→ Assigned task: Within the entries below, every line containing "exact" is to be copied.

→ Task data:

-- -- --

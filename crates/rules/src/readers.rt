// The readers of the grammar: they call each other, with fewer tokens left each time.
ghost use Rattle.std.specs.Prelude.{◌≡◌, ℕ, ◌+◌, ◌<◌, ◌≤◌, length, drop, MatchBool, MatchResult};
ghost use Rattle.tokens.specs.declared.token.Token.TheVariants.{Number, Name};
ghost use Rattle.rules.specs.Grammar.{part as a_part, meet as a_meet, expr as an_expr, window as a_window, limit as a_limit, span as a_span, modal_token, side_token, Fails};
ghost use Rattle.rules.specs.Readers.{ReadAs, ReadLimit, StopsAt, TookToken, Missed, Isnt, NoSide, NoNumber, Built, ReaderReady, IsAt, ShortNumbers};
ghost use Rattle.rules.specs.Texts.{Derived};

use crate::modality::Modality;
use crate::row::{Row, Side};
use crate::table::Table;
use tokens::token::Token;

// The first token with which no rule text can go on.
#[derive(Clone, Copy)]
pub(crate) struct Stop {
    pub(crate) at: usize,
}

// What was read, and the token behind it.
#[derive(Clone, Copy)]
struct Taken<T> {
    value: T,
    next: usize,
}

// A window that was read, and the token behind it.
#[derive(Clone, Copy)]
struct Span {
    from: u32,
    to: u32,
    next: usize,
}

// A phrase that was read: the token behind it, and its last row.
#[derive(Clone, Copy)]
struct Done {
    next: usize,
    root: usize,
}

// The tokens of a text. Phrases are read from a place on, where `depth` tokens that make depth are around.
// A place stays a number, since each reader answers the next one.
#[derive(Clone, Copy)]
pub(crate) struct Source<'a> {
    pub(crate) tokens: &'a [Token],
    ghost short: { ShortNumbers tokens.now },
}

impl Source<'_> {
    // The token at this place.
    fn token(&self, at: usize) -> Result<Token, Stop>
        requires { at ≤ length self.now.tokens.now }
        ensures { MatchResult result (λ t. IsAt t self.now.tokens.now at) (λ f. (f.at ≡ at) × (length self.now.tokens.now ≤ at)) }
    {
        self.tokens.get(at).copied().ok_or(Stop { at })
    }

    // Whether this token is at this place.
    fn has(&self, at: usize, wanted: Token) -> bool
        ensures { MatchBool result (IsAt wanted self.now.tokens.now at) (Isnt wanted (drop at self.now.tokens.now)) }
    {
        self.tokens.get(at) == Some(&wanted)
    }

    fn exact(&self, at: usize, wanted: Token) -> Result<usize, Stop>
        requires { at ≤ length self.now.tokens.now }
        ensures { MatchResult result (λ e. TookToken wanted self.now.tokens.now at e) (λ f. Missed (Isnt wanted) self.now.tokens.now at f.at) }
    {
        if self.has(at, wanted) {
            Ok(at + 1)
        } else {
            Err(Stop { at })
        }
    }

    fn number(&self, at: usize) -> Result<Taken<u32>, Stop>
        requires { at ≤ length self.now.tokens.now }
        ensures { MatchResult result (λ n. TookToken (Number n.value) self.now.tokens.now at n.next) (λ f. Missed NoNumber self.now.tokens.now at f.at) }
    {
        let token = self.token(at)?;
        match token {
            Token::Number(value) => Ok(Taken {
                value,
                next: at + 1,
            }),
            _ => Err(Stop { at }),
        }
    }

    fn comparison(&self, at: usize) -> Result<Taken<Side>, Stop>
        requires { at ≤ length self.now.tokens.now }
        ensures { MatchResult result (λ s. TookToken (side_token s.value) self.now.tokens.now at s.next) (λ f. Missed NoSide self.now.tokens.now at f.at) }
    {
        let token = self.token(at)?;
        let value = match token {
            Token::AtLeast => Side::AtLeast,
            Token::AtMost => Side::AtMost,
            _ => return Err(Stop { at }),
        };
        Ok(Taken {
            value,
            next: at + 1,
        })
    }

    fn window(&self, at: usize) -> Result<Span, Stop>
        requires { at ≤ length self.now.tokens.now }
        ensures { MatchResult result (λ w. ReadAs (a_span w.from w.to) self.now.tokens.now at w.next) (λ f. StopsAt a_window self.now.tokens.now at f.at) }
    {
        let left = self.exact(at, Token::Left)?;
        let from = self.number(left)?;
        let comma = self.exact(from.next, Token::Comma)?;
        let to = self.number(comma)?;
        let next = self.exact(to.next, Token::Right)?;
        Ok(Span {
            from: from.value,
            to: to.value,
            next,
        })
    }

    fn limit(&self, at: usize) -> Result<Taken<i32>, Stop>
        requires { at ≤ length self.now.tokens.now }
        ensures { MatchResult result (λ v. ReadLimit self.now.tokens.now at v.next v.value) (λ f. StopsAt a_limit self.now.tokens.now at f.at) }
    {
        let token = self.token(at)?;
        match token {
            Token::Number(number) => Ok(Taken {
                value: number as i32,
                next: at + 1,
            }),
            Token::Minus => {
                let number = self.number(at + 1)?;
                Ok(Taken {
                    value: -(number.value as i32),
                    next: number.next,
                })
            }
            _ => Err(Stop { at }),
        }
    }

    // A test of a line against a limit; the name is at `at`.
    fn test(&self, at: usize, line: Option<u8>, table: &mut Table) -> Result<Done, Stop>
        requires name { IsAt (Name line) self.now.tokens.now at }
        requires few { table.old.count ≤ at }
        ensures { MatchResult result (λ d. (depth : ℕ) → Built a_part self.now.tokens.now at depth table.old table.new d.next d.root) (λ f. StopsAt a_part self.now.tokens.now at f.at) }
    {
        let side = self.comparison(at + 1)?;
        let limit = self.limit(side.next)?;
        // A name that no line has is refused elsewhere.
        let line = line.unwrap_or(0);
        let root = table.push(Row::Test {
            line,
            side: side.value,
            limit: limit.value,
        });
        Ok(Done {
            next: limit.next,
            root,
        })
    }

    // The three that follow call one another, as the phrases of the grammar do: each falls by the place, and hands the depth and the table on.
    // `expression` and `meet` are alike but for what they read and join; a reader that is handed in would leave that cycle.

    // Meets joined by `|`, grouped from the left.
    #[cycle(expression_meet_part)]
    fn expression(&self, at: usize, depth: usize, table: &mut Table) -> Result<Done, Stop>
        requires { ReaderReady self.now.tokens.now at depth table.old }
        ensures { MatchResult result (λ d. Built an_expr self.now.tokens.now at depth table.old table.new d.next d.root) (λ f. StopsAt an_expr self.now.tokens.now at f.at) }
    {
        let mut left = self.meet(at, depth, table)?;
        while self.has(left.next, Token::Or) {
            let right = self.meet(left.next + 1, depth, table)?;
            let root = table.push(Row::Or {
                left: left.root,
                right: right.root,
            });
            left = Done {
                next: right.next,
                root,
            };
        }
        Ok(left)
    }

    // Parts joined by `&`, grouped from the left.
    #[cycle(expression_meet_part)]
    fn meet(&self, at: usize, depth: usize, table: &mut Table) -> Result<Done, Stop>
        requires { ReaderReady self.now.tokens.now at depth table.old }
        ensures { MatchResult result (λ d. Built a_meet self.now.tokens.now at depth table.old table.new d.next d.root) (λ f. StopsAt a_meet self.now.tokens.now at f.at) }
    {
        let mut left = self.part(at, depth, table)?;
        while self.has(left.next, Token::And) {
            let right = self.part(left.next + 1, depth, table)?;
            let root = table.push(Row::And {
                left: left.root,
                right: right.root,
            });
            left = Done {
                next: right.next,
                root,
            };
        }
        Ok(left)
    }

    // A test, or one of `!`, F, G and brackets around more.
    #[cycle(expression_meet_part)]
    fn part(&self, at: usize, depth: usize, table: &mut Table) -> Result<Done, Stop>
        requires { ReaderReady self.now.tokens.now at depth table.old }
        ensures { MatchResult result (λ d. Built a_part self.now.tokens.now at depth table.old table.new d.next d.root) (λ f. StopsAt a_part self.now.tokens.now at f.at) }
    {
        let token = self.token(at)?;
        match token {
            Token::Name(line) => self.test(at, line, table),
            Token::Not => {
                table.rise(at, depth + 1);
                let child = self.part(at + 1, depth + 1, table)?;
                let root = table.push(Row::Not { child: child.root });
                Ok(Done {
                    next: child.next,
                    root,
                })
            }
            Token::Eventually => self.modal(Modality::Eventually, at, depth, table),
            Token::Always => self.modal(Modality::Always, at, depth, table),
            Token::Open => {
                table.rise(at, depth + 1);
                let first = self.expression(at + 1, depth + 1, table)?;
                let behind = self.token(first.next)?;
                match behind {
                    Token::Close => Ok(Done {
                        next: first.next + 1,
                        root: first.root,
                    }),
                    Token::Until => {
                        let span = self.window(first.next + 1)?;
                        let second = self.expression(span.next, depth + 1, table)?;
                        let next = self.exact(second.next, Token::Close)?;
                        let root = table.push(Row::Until {
                            from: span.from,
                            to: span.to,
                            left: first.root,
                            right: second.root,
                        });
                        Ok(Done { next, root })
                    }
                    _ => Err(Stop { at: first.next }),
                }
            }
            _ => Err(Stop { at }),
        }
    }

    // A window and a part behind F or G, which is at `at`.
    #[cycle(expression_meet_part)]
    fn modal(
        &self,
        modality: Modality,
        at: usize,
        depth: usize,
        table: &mut Table,
    ) -> Result<Done, Stop>
        requires ready { ReaderReady self.now.tokens.now at depth table.old }
        requires token { IsAt (modal_token modality) self.now.tokens.now at }
        ensures { MatchResult result (λ d. Built a_part self.now.tokens.now at depth table.old table.new d.next d.root) (λ f. StopsAt a_part self.now.tokens.now at f.at) }
    {
        table.rise(at, depth + 1);
        let span = self.window(at + 1)?;
        let child = self.part(span.next, depth + 1, table)?;
        let root = table.push(modality.row(span.from, span.to, child.root));
        Ok(Done {
            next: child.next,
            root,
        })
    }

    // The rows and the depth of the tokens, if they are an expression.
    pub(crate) fn derive(&self) -> Result<Table, Stop>
        ensures { MatchResult result (λ t. Derived self.now.tokens.now t) (λ f. Fails self.now.tokens.now f.at) }
    {
        let mut table = Table::new();
        let all = self.expression(0, 0, &mut table)?;
        if all.next < self.tokens.len() {
            return Err(Stop { at: all.next });
        }
        Ok(table)
    }
}
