// The checks over all tokens, once the grammar is kept.
ghost use Rattle.std.specs.Prelude.{◌≡◌, ℕ, drop};
ghost use Rattle.rules.specs.Checks.{bad_window, bad_limit};
ghost use Rattle.rules.specs.Scans.{first_from, nameless, unknown_here, number_of, first_number, is_far_number, askew, wrong_by, wrong_here};

use tokens::token::Token;

// No limit is further from 0, and no window ends later.
const LIMIT: u32 = 500_000;

const WINDOW_END: u32 = 500_000_000;

fn is_nameless(token: Token) -> bool
    ensures { result ≡ nameless token }
{
    matches!(token, Token::Name(None))
}

// The first name that is not a line's.
pub(crate) fn unknown_name(tokens: &[Token]) -> Option<usize>
    ensures { result ≡ first_from unknown_here 0 tokens.now }
{
    tokens.iter().position(|token| is_nameless(*token))
}

fn number_of(token: Token) -> Option<u32>
    ensures { result ≡ number_of token }
{
    match token {
        Token::Number(n) => Some(n),
        _ => None,
    }
}

fn number_at(tokens: &[Token], at: usize) -> Option<u32>
    ensures { result ≡ first_number (drop at tokens.now) }
{
    number_of(*tokens.get(at)?)
}

fn is_far(limit: Option<u32>) -> bool
    ensures { result ≡ is_far_number limit }
{
    limit.is_some_and(|n| n > LIMIT)
}

fn is_askew(from: Option<u32>, to: Option<u32>) -> bool
    ensures { result ≡ askew from to }
{
    match (from, to) {
        (Some(a), Some(b)) => b < a || b > WINDOW_END,
        _ => false,
    }
}

// Whether the number behind this token is out of bounds: a limit, or a window's first.
fn is_wrong(token: Token, behind: &[Token]) -> bool
    ensures { result ≡ wrong_by token behind.now }
{
    match token {
        Token::AtLeast | Token::AtMost | Token::Minus => is_far(number_at(behind, 0)),
        Token::Left => is_askew(number_at(behind, 0), number_at(behind, 2)),
        _ => false,
    }
}

// The first limit or window that is out of bounds, by its first number.
pub(crate) fn out_of_bounds(tokens: &[Token]) -> Option<usize>
    ensures { result ≡ first_from wrong_here 1 tokens.now }
{
    for (at, token) in tokens.iter().enumerate() {
        if is_wrong(*token, &tokens[at + 1..]) {
            return Some(at + 1);
        }
    }
    None
}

-- -- --

→ Answer below:
    fn exact(&self, at: usize, wanted: Token) -> Result<usize, Stop>
        let left = self.exact(at, Token::Left)?;
        let comma = self.exact(from.next, Token::Comma)?;
        let next = self.exact(to.next, Token::Right)?;
                        let next = self.exact(second.next, Token::Close)?;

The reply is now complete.